Equation (Uncited)Image Tools
The pig was then placed prone on soft bolsters to support the chest and hindquarters, minimizing abdominal compression to facilitate ventilation and to avoid compromising venous return.
Isoflurane was discontinued and anesthesia was maintained using a total intravenous anesthetic consisting of infusions of propofol (100–125 µg·kg−1·min−1), ketamine (10 µg·kg−1·min−1), and fentanyl (2 µg·kg−1·h−1). The dose of propofol was adjusted to achieve “adequate” anesthetic depth as determined by a lack of jaw and extremity tone as well as no response to painful stimuli. Once the hemorrhage protocol commenced, all anesthetic infusions were maintained at a constant rate.
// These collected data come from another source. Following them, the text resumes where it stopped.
//! The program that a theory and the script give.
ghost use Rattle.std.specs.Prelude.{◌≡◌, true, IfOk, IsErrOf};
ghost use Rattle.std.specs.Bool.{OnFalse};
ghost use Rattle.kid_outer.specs.Causes.{NeverFall, Rose};
ghost use Rattle.kid_kernel.specs.TheoryView.{plain_theory};
ghost use Rattle.kid_theory.specs.IsRead.{IsRead};
ghost use Rattle.kid_prog.specs.ProgramText.{program_text};
ghost use Rattle.kid_prog.specs.Loading.{loading};
ghost use Rattle.kid_prog.specs.ProgramView.{plain_program};
ghost use Rattle.kid_prog.specs.Rules.{IsRunnable};
ghost use Rattle.kid_prog.specs.Spelling.{is_spelled_program};
ghost use Rattle.kid_top.specs.Emitted.{program_for};
ghost use Rattle.kid_top.specs.Failed.{has_failed};
ghost use Rattle.kid_top.specs.Outcome.{Comes, Outcomes, loads_or, emitted_or, script_program};

use crate::emit::program_for;
use crate::refusal::Refusal;
use crate::stages::script_stage;
use crate::stop::Stop;
use kid_kernel::Theory;
use kid_outer::Store;
use kid_prog::{LoadCode, LoadFault, Program, load, text};
use kid_value::Memory;
use std::alloc::Global;

/// The program that the text of a program gives.
fn reloaded(alloc: Global, program: &Program) -> Result<Program, Stop>
    requires { is_spelled_program (plain_program program.now) ≡ true }
    ensures comes { Comes plain_program result (loads_or (loading (program_text (plain_program program.now)))) }
    ensures runnable { IfOk result (λ p. IsRunnable (plain_program p)) }
    ensures spelled { IfOk result (λ p. is_spelled_program (plain_program p) ≡ true) }
    ensures failed { IsErrOf result Stop.Failed → ⊥ }
    ensures fits { IsErrOf result Stop.Usage → ⊥ }
{
    let Ok(bytes) = text(alloc, program) else {
        return Err(Stop::Memory);
    };
    match load(alloc, &bytes) {
        Ok(program) => Ok(program),
        Err(
            LoadFault {
                code: LoadCode::Memory,
                ..
            },
        ) => Err(Stop::Memory),
        Err(_) => Err(Stop::Unbuilt(2)),
    }
}

fn emitted_program(alloc: Global, theory: &Theory) -> Result<Program, Stop>
    requires { IsRead (plain_theory theory.now) }
    ensures comes { Comes plain_program result (emitted_or (program_for (plain_theory theory.now))) }
    ensures runnable { IfOk result (λ p. IsRunnable (plain_program p)) }
    ensures spelled { IfOk result (λ p. is_spelled_program (plain_program p) ≡ true) }
    ensures failed { IsErrOf result Stop.Failed → ⊥ }
    ensures fits { IsErrOf result Stop.Usage → ⊥ }
{
    match program_for(alloc, theory) {
        Ok(program) => reloaded(alloc, &program),
        Err(Refusal::Unbuilt) => Err(Stop::Unbuilt(2)),
        Err(Refusal::Memory) => Err(Stop::Memory),
    }
}

/// The program for a theory and the script in the second file, as its text gives it.
pub fn script_program<S: Store>(
    alloc: Global,
    store: &mut S,
    theory: &Theory,
    script: &str,
) -> Result<Program, Stop>
    requires { IsRead (plain_theory theory.now) }
    ensures outcome { Outcomes (S.held store.old) plain_program result (λ files. script_program (plain_theory theory.now) (files script.now)) }
    ensures runnable { IfOk result (λ p. IsRunnable (plain_program p)) }
    ensures spelled { IfOk result (λ p. is_spelled_program (plain_program p) ≡ true) }
    ensures held { S.held store.new ≡ S.held store.old }
    ensures failed { IsErrOf result Stop.Failed → Rose (S.faults store.old script.now) (S.faults store.new script.now) }
    ensures still { OnFalse (has_failed result) (S.faults store.new ≡ S.faults store.old) }
    ensures later { NeverFall (S.faults store.old) (S.faults store.new) }
    ensures fits { IsErrOf result Stop.Usage → ⊥ }
{
    script_stage(alloc, store, script)?;
    emitted_program(alloc, theory)
}
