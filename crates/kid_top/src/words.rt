ghost use Rattle.std.specs.Prelude.{◌≡◌, option_map, map, length, IfSome};
ghost use Rattle.std.specs.String.{string_bytes};
ghost use Rattle.kid_top.specs.Words.{plain_command, IsUsable};
ghost use Rattle.kid_top.specs.Command.{derive_words, command_of, fuel_of};

use kid_codec::number_of;

/// A command of the program. Each name is a word, and each call of the search procedure takes one of the fuel.
#[derive(Clone, Copy)]
pub enum Command<'a> {
    Derive {
        theory: &'a str,
        script: &'a str,
        derivation: &'a str,
        program: &'a str,
    },
    Run {
        program: &'a str,
        inputs: &'a str,
        fuel: u64,
    },
    Solve {
        theory: &'a str,
        script: &'a str,
        inputs: &'a str,
        fuel: u64,
    },
}

/// The fuel where none is given.
const GIVEN_FUEL: u64 = 1000000;

/// No more fuel may be given.
const MAX_FUEL: i64 = 1000000000000;

/// The fuel that two words give.
fn fuel_of(flag: &str, number: &str) -> Option<u64>
    ensures { result ≡ fuel_of flag.now number.now }
{
    if flag != "--fuel" {
        return None;
    }
    let fuel = number_of(number.as_bytes())?;
    if 1 <= fuel && fuel <= MAX_FUEL {
        Some(fuel as u64)
    } else {
        None
    }
}

/// The command that three words fit.
fn of_three(words: &[String]) -> Option<Command<'_>>
    ensures command { length words.now ≡ 3 → option_map plain_command result ≡ command_of (map string_bytes words.now) }
    ensures usable { IfSome result (λ c. IsUsable (plain_command c)) }
{
    let [command, program, inputs] = words else {
        return None;
    };
    if command.as_str() != "run" {
        return None;
    }
    Some(Command::Run {
        program: program.as_str(),
        inputs: inputs.as_str(),
        fuel: GIVEN_FUEL,
    })
}

/// The command that four words fit.
fn of_four(words: &[String]) -> Option<Command<'_>>
    ensures command { length words.now ≡ 4 → option_map plain_command result ≡ command_of (map string_bytes words.now) }
    ensures usable { IfSome result (λ c. IsUsable (plain_command c)) }
{
    let [command, theory, script, inputs] = words else {
        return None;
    };
    if command.as_str() != "solve" {
        return None;
    }
    Some(Command::Solve {
        theory: theory.as_str(),
        script: script.as_str(),
        inputs: inputs.as_str(),
        fuel: GIVEN_FUEL,
    })
}

/// The command `derive`, where its last two names differ.
fn derive_words<'a>(
    theory: &'a str,
    script: &'a str,
    derivation: &'a str,
    program: &'a str,
) -> Option<Command<'a>>
    ensures command { option_map plain_command result ≡ derive_words theory.now script.now derivation.now program.now }
    ensures usable { IfSome result (λ c. IsUsable (plain_command c)) }
{
    if derivation == program {
        return None;
    }
    Some(Command::Derive {
        theory,
        script,
        derivation,
        program,
    })
}

/// The command that five words fit.
fn of_five(words: &[String]) -> Option<Command<'_>>
    ensures command { length words.now ≡ 5 → option_map plain_command result ≡ command_of (map string_bytes words.now) }
    ensures usable { IfSome result (λ c. IsUsable (plain_command c)) }
{
    let [command, first, second, third, fourth] = words else {
        return None;
    };
    if command.as_str() == "derive" {
        return derive_words(
            first.as_str(),
            second.as_str(),
            third.as_str(),
            fourth.as_str(),
        );
    }
    if command.as_str() != "run" {
        return None;
    }
    let fuel = fuel_of(third.as_str(), fourth.as_str())?;
    Some(Command::Run {
        program: first.as_str(),
        inputs: second.as_str(),
        fuel,
    })
}

/// The command that six words fit.
fn of_six(words: &[String]) -> Option<Command<'_>>
    ensures command { length words.now ≡ 6 → option_map plain_command result ≡ command_of (map string_bytes words.now) }
    ensures usable { IfSome result (λ c. IsUsable (plain_command c)) }
{
    let [command, theory, script, inputs, flag, number] = words else {
        return None;
    };
    if command.as_str() != "solve" {
        return None;
    }
    let fuel = fuel_of(flag.as_str(), number.as_str())?;
    Some(Command::Solve {
        theory: theory.as_str(),
        script: script.as_str(),
        inputs: inputs.as_str(),
        fuel,
    })
}

/// The command that the words fit, and None where they fit none. No memory is taken.
#[tactic(auto, using(crate::proofs::CommandLemmas::commands))]
pub fn command_of(words: &[String]) -> Option<Command<'_>>
    ensures command { option_map plain_command result ≡ command_of (map string_bytes words.now) }
    ensures usable { IfSome result (λ c. IsUsable (plain_command c)) }
{
    match words.len() {
        3 => of_three(words),
        4 => of_four(words),
        5 => of_five(words),
        6 => of_six(words),
        _ => None,
    }
}
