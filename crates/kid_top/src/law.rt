ghost use Rattle.kid_top.specs.ScriptSpelling.{ScriptsAreSpelled};

/// A file is taken for the script just where it spells it. This law is the contract of a function that does nothing.
pub fn scripts_are_spelled()
    ensures { ScriptsAreSpelled }
{}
Electrophysiological Recording and Stimulation Protocols
The technique we used for obtaining TcMEPs in pigs is described in previous articles.12–14
We placed needle electrodes (Medtronic-Xomed, Rochester, MN) into the tibialis anterior (TA) muscle of each hindleg, and cranial screw-electrodes for electrical stimulation. TcMEP responses were deemed acceptable if stimulation yielded reproducible peak-to-peak amplitudes of at least 500 µV in both TAs. Before hemorrhage, we performed multiple TcMEP trials to establish the degree of trial-to-trial variability. All TcMEP responses were saved in electronic files and analyzed (e.g.
, measuring peak-to-peak amplitude) on a separate day from the procedure by two independent investigators blinded to the other physiologic data obtained for that animal.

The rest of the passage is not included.